> _WHAT TO WORK ON_
The entries below hold a line with "it makes more." and a line with "let mut inner = *self;". Return those lines and all that lie between them, exactly and only.

> _INPUT FOR THIS TASK_
= Beginning of Section =
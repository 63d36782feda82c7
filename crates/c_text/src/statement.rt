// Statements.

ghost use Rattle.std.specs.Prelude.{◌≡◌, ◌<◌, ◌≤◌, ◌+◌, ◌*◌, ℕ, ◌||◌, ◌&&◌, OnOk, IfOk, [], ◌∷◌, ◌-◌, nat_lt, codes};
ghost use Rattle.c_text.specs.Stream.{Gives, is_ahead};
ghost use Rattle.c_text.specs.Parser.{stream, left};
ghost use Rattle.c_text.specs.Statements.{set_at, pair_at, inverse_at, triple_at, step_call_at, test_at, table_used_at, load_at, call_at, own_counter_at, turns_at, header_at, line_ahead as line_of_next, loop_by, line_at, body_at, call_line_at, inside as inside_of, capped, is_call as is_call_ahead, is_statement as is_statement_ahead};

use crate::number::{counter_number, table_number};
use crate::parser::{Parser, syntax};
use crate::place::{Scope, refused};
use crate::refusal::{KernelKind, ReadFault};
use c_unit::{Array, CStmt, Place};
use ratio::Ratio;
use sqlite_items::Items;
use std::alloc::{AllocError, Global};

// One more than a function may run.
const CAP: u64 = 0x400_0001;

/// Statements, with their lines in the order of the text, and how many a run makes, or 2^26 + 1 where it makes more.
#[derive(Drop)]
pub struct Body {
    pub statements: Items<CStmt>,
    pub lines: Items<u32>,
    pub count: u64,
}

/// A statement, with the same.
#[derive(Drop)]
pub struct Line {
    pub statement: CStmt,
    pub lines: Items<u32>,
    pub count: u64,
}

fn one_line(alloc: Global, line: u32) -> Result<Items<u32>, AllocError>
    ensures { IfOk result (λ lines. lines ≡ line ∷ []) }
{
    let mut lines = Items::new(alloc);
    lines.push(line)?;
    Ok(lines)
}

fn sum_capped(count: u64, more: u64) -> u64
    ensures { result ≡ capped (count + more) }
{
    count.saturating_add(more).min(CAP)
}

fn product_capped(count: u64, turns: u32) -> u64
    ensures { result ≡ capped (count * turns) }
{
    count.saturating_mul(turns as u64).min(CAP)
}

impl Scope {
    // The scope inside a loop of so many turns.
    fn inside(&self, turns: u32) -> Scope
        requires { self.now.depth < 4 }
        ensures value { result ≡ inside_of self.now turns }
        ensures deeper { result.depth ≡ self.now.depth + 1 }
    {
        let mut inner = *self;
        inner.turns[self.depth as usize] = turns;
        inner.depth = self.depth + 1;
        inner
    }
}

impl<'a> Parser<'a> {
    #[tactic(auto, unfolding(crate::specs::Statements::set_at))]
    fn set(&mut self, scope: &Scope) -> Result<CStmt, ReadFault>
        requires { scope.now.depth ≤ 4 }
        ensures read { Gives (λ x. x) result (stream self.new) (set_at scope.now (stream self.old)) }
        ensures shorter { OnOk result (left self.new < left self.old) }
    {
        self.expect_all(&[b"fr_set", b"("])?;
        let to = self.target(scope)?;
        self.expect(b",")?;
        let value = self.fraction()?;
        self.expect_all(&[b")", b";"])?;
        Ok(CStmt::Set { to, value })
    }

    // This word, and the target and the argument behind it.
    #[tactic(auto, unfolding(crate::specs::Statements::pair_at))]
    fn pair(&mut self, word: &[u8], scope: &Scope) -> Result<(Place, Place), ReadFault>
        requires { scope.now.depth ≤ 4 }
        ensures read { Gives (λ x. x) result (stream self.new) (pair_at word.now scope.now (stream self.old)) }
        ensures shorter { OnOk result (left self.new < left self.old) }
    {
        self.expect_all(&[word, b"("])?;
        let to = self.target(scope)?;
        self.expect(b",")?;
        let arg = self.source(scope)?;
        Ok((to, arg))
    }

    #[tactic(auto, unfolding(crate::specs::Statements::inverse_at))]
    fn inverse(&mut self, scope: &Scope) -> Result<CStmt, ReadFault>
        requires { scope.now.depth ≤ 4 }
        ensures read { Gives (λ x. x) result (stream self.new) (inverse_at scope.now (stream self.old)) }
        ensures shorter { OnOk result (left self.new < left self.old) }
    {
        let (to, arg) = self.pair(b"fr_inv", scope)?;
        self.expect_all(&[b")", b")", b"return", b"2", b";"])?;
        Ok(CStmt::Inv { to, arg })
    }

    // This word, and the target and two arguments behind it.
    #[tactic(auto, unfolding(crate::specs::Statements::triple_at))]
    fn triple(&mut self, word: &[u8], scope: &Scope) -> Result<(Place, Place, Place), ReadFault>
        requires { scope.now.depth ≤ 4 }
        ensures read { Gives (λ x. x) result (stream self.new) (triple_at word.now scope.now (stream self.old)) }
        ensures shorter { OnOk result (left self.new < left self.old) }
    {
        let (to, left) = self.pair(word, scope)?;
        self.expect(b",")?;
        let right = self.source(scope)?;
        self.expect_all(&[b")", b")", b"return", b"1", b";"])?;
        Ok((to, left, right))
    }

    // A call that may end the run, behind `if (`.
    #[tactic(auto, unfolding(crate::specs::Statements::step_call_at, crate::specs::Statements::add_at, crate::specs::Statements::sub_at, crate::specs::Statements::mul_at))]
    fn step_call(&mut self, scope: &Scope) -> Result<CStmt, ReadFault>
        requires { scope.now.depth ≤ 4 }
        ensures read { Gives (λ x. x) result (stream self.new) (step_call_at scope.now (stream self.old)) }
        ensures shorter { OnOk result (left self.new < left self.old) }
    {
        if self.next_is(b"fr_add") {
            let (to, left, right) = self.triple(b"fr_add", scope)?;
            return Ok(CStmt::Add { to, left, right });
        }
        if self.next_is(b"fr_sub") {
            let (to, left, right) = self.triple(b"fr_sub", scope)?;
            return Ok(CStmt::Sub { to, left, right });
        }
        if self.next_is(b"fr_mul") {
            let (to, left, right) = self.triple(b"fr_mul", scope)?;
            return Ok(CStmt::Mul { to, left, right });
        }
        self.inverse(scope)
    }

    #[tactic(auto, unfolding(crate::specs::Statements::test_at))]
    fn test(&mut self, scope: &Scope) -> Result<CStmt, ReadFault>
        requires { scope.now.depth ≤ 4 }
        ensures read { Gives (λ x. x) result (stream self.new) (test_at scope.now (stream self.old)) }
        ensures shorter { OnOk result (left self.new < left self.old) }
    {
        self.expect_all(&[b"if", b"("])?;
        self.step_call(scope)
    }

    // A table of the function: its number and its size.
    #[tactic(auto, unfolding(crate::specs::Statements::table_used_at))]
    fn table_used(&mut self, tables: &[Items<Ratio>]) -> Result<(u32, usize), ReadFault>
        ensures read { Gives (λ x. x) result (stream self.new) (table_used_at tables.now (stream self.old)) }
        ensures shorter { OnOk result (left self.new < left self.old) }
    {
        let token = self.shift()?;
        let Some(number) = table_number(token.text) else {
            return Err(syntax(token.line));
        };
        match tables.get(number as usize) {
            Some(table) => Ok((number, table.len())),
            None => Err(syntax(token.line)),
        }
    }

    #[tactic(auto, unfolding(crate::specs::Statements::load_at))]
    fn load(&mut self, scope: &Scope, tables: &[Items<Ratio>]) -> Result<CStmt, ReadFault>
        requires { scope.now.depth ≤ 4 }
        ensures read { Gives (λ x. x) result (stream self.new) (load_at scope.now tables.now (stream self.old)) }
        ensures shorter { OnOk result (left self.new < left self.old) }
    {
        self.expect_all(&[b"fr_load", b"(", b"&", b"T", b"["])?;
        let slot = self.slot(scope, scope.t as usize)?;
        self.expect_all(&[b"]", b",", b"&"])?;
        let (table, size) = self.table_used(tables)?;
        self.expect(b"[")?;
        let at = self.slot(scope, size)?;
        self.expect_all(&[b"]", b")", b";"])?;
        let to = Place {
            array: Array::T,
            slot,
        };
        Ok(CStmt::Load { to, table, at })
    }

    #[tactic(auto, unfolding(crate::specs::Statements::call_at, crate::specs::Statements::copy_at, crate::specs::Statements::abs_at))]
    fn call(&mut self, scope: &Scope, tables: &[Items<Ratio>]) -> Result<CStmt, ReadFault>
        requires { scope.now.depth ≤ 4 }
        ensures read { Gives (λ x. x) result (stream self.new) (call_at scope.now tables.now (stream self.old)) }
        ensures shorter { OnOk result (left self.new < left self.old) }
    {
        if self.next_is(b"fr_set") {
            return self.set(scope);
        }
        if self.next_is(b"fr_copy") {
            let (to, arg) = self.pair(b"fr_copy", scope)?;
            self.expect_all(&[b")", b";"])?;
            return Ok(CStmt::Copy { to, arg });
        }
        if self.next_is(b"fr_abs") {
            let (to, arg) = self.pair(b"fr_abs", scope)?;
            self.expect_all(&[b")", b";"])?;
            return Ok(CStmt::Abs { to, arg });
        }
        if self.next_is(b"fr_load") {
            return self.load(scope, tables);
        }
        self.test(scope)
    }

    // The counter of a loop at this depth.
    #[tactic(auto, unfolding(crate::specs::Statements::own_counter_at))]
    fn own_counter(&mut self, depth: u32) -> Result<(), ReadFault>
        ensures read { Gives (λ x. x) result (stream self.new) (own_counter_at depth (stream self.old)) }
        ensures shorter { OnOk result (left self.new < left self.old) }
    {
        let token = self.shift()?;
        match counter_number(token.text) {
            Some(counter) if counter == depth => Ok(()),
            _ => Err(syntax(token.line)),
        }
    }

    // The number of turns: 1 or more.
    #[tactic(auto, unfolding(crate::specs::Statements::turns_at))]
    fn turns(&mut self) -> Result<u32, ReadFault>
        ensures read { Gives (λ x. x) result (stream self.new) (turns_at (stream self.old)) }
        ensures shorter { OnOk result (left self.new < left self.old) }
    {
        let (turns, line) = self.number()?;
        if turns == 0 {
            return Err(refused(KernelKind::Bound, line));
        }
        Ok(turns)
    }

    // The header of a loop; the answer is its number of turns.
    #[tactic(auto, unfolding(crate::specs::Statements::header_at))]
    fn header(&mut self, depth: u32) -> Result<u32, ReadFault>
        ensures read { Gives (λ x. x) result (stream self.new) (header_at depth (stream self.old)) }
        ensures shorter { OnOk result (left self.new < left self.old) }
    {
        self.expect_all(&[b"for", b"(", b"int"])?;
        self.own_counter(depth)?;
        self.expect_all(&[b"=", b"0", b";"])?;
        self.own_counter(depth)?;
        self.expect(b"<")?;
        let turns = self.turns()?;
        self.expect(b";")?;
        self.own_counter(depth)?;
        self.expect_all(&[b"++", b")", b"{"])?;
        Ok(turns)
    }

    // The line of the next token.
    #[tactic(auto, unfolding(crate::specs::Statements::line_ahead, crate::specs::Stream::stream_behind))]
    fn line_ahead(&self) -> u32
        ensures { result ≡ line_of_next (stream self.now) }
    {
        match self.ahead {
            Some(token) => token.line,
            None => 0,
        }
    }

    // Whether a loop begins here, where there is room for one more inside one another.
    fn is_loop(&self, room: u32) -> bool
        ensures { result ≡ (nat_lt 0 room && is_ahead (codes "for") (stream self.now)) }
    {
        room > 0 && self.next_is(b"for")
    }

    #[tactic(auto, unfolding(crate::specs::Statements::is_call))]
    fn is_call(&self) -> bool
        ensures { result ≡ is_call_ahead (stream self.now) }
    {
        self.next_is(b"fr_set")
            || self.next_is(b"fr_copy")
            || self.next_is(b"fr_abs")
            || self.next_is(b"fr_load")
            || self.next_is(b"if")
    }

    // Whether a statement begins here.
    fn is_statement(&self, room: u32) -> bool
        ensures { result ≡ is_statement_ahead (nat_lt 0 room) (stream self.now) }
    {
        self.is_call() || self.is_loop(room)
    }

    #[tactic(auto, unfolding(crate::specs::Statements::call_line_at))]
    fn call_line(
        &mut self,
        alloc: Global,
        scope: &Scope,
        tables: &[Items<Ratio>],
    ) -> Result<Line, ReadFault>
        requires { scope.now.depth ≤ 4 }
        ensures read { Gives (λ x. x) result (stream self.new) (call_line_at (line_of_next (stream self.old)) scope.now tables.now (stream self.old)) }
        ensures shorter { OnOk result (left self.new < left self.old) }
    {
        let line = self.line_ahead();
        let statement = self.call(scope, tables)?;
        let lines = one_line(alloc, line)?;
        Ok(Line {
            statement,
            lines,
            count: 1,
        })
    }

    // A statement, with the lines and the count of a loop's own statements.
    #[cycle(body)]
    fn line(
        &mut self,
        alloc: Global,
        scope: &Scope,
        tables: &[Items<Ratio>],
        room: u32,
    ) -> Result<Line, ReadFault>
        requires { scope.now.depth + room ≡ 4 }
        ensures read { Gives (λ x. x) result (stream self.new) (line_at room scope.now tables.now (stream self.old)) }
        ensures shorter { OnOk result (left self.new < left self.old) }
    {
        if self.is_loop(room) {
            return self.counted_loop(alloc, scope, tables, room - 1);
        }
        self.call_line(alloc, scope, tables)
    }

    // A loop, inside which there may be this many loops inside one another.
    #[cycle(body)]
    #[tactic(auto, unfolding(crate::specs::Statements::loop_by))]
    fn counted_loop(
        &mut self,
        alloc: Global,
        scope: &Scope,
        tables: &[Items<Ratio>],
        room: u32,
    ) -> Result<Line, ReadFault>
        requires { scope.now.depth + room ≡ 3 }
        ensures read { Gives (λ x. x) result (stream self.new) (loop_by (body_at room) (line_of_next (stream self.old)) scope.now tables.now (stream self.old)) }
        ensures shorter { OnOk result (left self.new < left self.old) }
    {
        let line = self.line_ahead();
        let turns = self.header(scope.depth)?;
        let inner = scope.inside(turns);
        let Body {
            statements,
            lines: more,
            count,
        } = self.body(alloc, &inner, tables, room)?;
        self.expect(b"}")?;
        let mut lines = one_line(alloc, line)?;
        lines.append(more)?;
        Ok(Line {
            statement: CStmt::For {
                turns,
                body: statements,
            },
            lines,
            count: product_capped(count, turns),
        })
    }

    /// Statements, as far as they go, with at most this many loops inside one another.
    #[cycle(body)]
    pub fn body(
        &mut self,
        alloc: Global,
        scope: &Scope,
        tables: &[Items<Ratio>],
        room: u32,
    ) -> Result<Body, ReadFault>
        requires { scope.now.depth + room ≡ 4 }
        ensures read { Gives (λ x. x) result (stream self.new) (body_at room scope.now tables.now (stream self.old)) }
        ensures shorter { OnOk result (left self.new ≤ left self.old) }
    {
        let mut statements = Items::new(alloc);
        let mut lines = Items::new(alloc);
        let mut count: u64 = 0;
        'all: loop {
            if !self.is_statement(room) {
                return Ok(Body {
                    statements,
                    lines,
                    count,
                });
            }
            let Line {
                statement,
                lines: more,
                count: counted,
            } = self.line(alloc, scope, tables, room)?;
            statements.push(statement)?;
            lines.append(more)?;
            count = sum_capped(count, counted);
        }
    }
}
= End of Section =
> _TASK OUTPUT_
/// Statements, with their lines in the order of the text, and how many a run makes, or 2^26 + 1 where it makes more.
#[derive(Drop)]
pub struct Body {
    pub statements: Items<CStmt>,
    pub lines: Items<u32>,
    pub count: u64,
}

/// A statement, with the same.
#[derive(Drop)]
pub struct Line {
    pub statement: CStmt,
    pub lines: Items<u32>,
    pub count: u64,
}

fn one_line(alloc: Global, line: u32) -> Result<Items<u32>, AllocError>
    ensures { IfOk result (λ lines. lines ≡ line ∷ []) }
{
    let mut lines = Items::new(alloc);
    lines.push(line)?;
    Ok(lines)
}

fn sum_capped(count: u64, more: u64) -> u64
    ensures { result ≡ capped (count + more) }
{
    count.saturating_add(more).min(CAP)
}

fn product_capped(count: u64, turns: u32) -> u64
    ensures { result ≡ capped (count * turns) }
{
    count.saturating_mul(turns as u64).min(CAP)
}

impl Scope {
    // The scope inside a loop of so many turns.
    fn inside(&self, turns: u32) -> Scope
        requires { self.now.depth < 4 }
        ensures value { result ≡ inside_of self.now turns }
        ensures deeper { result.depth ≡ self.now.depth + 1 }
    {
        let mut inner = *self;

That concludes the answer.